It is a curious demand, really. To my knowledge, no one currently living in Bolivia’s gas and oil rich east herded dinosaurs or planted ancient forests or did anything else to contribute to the geologic accident that the nation’s oil and has is in Tarija instead of El Alto. The regions’ claim of entitlement to a bigger slice of the pie smacks of the story of the man born on second base who thinks he hit a double.

There is another irony here that I never hear mentioned in this debate. The conservative political leaders now leading the opposition, including Jorge Quiroga and Manfred Reyes Villa, spent years in governments that steadfastly refused to raise taxes on oil companies, adhering to what Carlos Mesa once described to me as “the great myth” that raising taxes would chase the companies away.

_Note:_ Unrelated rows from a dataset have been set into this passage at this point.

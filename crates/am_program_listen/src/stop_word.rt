//! The word that stops a server.

use std::io::{BufRead, BufReader};

/// Waits until a line STOP, or the end of standard input or a fault of it, has come.
pub fn await_stop<R: AllocGlobal + Input>(rt: &R) {
    let Ok(input) = BufReader::new(rt.alloc(), rt.reader()) else {
        return;
    };
    for line in input.lines(rt.alloc()) {
        match line {
            Ok(text) if text.as_str().trim_end() != "STOP" => {}
            _ => return,
        }
    }
}
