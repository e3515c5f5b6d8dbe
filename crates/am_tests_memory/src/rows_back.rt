//! Rows from the highest key down.

use crate::fault::{Fault, expect};
use crate::indexes::fill;
use crate::numbers::{entries_below, live, pairs_of, range};
use am_index::{Hint, PartIndex};
use am_index_list::ListIndex;
use am_index_parts::Parts;
use am_record::{Entry, HashKey, Key, NoMemory, Range, Value};
use am_store_scan::scan_back;
use std::alloc::Global;

// The rows of the numbers from one to another, the second not included, the last first.
fn rows_down(alloc: Global, from: u64, end: u64) -> Result<Vec<(Key, Value)>, NoMemory> {
    let mut rows = pairs_of(alloc, from, end)?;
    rows.reverse();
    Ok(rows)
}

// Copies these rows. What is refused memory is copied again.
fn copies(
    alloc: Global,
    index: &ListIndex,
    range: Range,
    max: u64,
    due: &[(Key, Value)],
) -> Result<(), Fault> {
    let mut rows = Vec::new(alloc);
    let none = Hint::none();
    if index
        .copy_rows_back(1, range, max, &mut rows, none)
        .is_err()
    {
        rows.clear();
        index.copy_rows_back(1, range, max, &mut rows, none)?;
    }
    expect(rows.as_slice() == due)
}

/// Rows of a list: the last three of a range, and all of it.
pub(crate) fn rows_back_of_a_list(alloc: Global) -> Result<(), Fault> {
    let entries = entries_below(alloc, 1, 9)?;
    let mut index = ListIndex::new(alloc);
    fill(&mut index, &entries)?;
    let some = range(2, 6).ok_or(Fault::Differs)?;
    copies(alloc, &index, some, 3, &rows_down(alloc, 4, 7)?)?;
    copies(alloc, &index, some, 99, &rows_down(alloc, 2, 7)?)
}

// Adds an entry whose key is live nowhere, unless it is a ghost.
fn add(parts: &mut Parts<ListIndex>, entry: Entry) -> Result<(), Fault> {
    expect(parts.find(entry.part, entry.key).is_none())?;
    expect(entry.is_ghost || parts.place_of(entry.key).is_none())?;
    parts.add(entry, Hint::none())?;
    Ok(())
}

// The numbers below that one, dealt to three partitions, each with a ghost in the next one.
fn dealt(alloc: Global, end: u32) -> Result<Parts<ListIndex>, Fault> {
    let mut parts = Parts::new(alloc, ListIndex::new(alloc), HashKey::known());
    for number in 0..end {
        let entry = live(number % 3, u64::from(number));
        add(&mut parts, entry)?;
        let mut shadow = live(number % 3 + 1, u64::from(number));
        shadow.is_ghost = true;
        add(&mut parts, shadow)?;
    }
    Ok(parts)
}

// Scans back these rows. What is refused memory is scanned again.
fn scans(
    alloc: Global,
    parts: &Parts<ListIndex>,
    range: Range,
    max: u64,
    due: &[(Key, Value)],
) -> Result<(), Fault> {
    let rows = match scan_back(alloc, parts, range, max) {
        Ok(rows) => rows,
        Err(NoMemory) => scan_back(alloc, parts, range, max)?,
    };
    expect(rows.as_slice() == due)
}

/// Scans over three partitions: the last three rows of a range, all of it, and one key.
pub(crate) fn scans_back(alloc: Global) -> Result<(), Fault> {
    let parts = dealt(alloc, 12)?;
    let some = range(2, 9).ok_or(Fault::Differs)?;
    scans(alloc, &parts, some, 3, &rows_down(alloc, 7, 10)?)?;
    scans(alloc, &parts, some, 99, &rows_down(alloc, 2, 10)?)?;
    let one = range(5, 5).ok_or(Fault::Differs)?;
    scans(alloc, &parts, one, 9, &rows_down(alloc, 5, 6)?)
}
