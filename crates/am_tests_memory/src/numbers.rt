//! Records of numbers.

use am_record::{Entry, Key, NoMemory, Range, Value};
use std::alloc::Global;

pub(crate) fn value() -> Value {
    Value::new(b"a").unwrap()
}

/// The entry of the number in the partition.
pub(crate) fn live(part: u32, number: u64) -> Entry {
    Entry {
        part,
        key: Key::of_u64(number),
        value: value(),
        is_ghost: false,
    }
}

/// The entries of the numbers below this one in the partition, in order.
pub(crate) fn entries_below(alloc: Global, part: u32, end: u64) -> Result<Vec<Entry>, NoMemory> {
    let mut entries = Vec::new(alloc);
    for number in 0..end {
        entries.push(live(part, number))?;
    }
    Ok(entries)
}

/// The pairs of the numbers from one to another, the second not included.
pub(crate) fn pairs_of(alloc: Global, from: u64, end: u64) -> Result<Vec<(Key, Value)>, NoMemory> {
    let mut pairs = Vec::new(alloc);
    for number in from..end {
        pairs.push((Key::of_u64(number), value()))?;
    }
    Ok(pairs)
}

/// The range of the numbers, where they stand in order.
pub(crate) fn range(from: u64, to: u64) -> Option<Range> {
    Range::new(Key::of_u64(from), Key::of_u64(to))
}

The bigger pie of revenue now available – nearly $1 billion – owes itself directly to tax increases on the foreign companies forced by the left, both before Morales became President and after, combined with record world prices. And the companies haven’t moved away. They all signed new contracts and this week Brazil announced that it will invest $1 billion in gas and oil projects here.

The left in Bolivia still has a long way to go to prove that it can manage Bolivia’s gas and oil industry competently, but there is little question that it was the left here, not the right, that called the bluff of no new taxes on foreign oil companies and brought in the piles of new cash the regions are now fighting over.

There is no surprise here that the regions would fight over oil and gas revenue. Revenues are tight here and they fund not only public services, but also public graft and political patronage. But again, beneath this all are legitimate ‘democracy’ issues of what the national government should do and what regions should do.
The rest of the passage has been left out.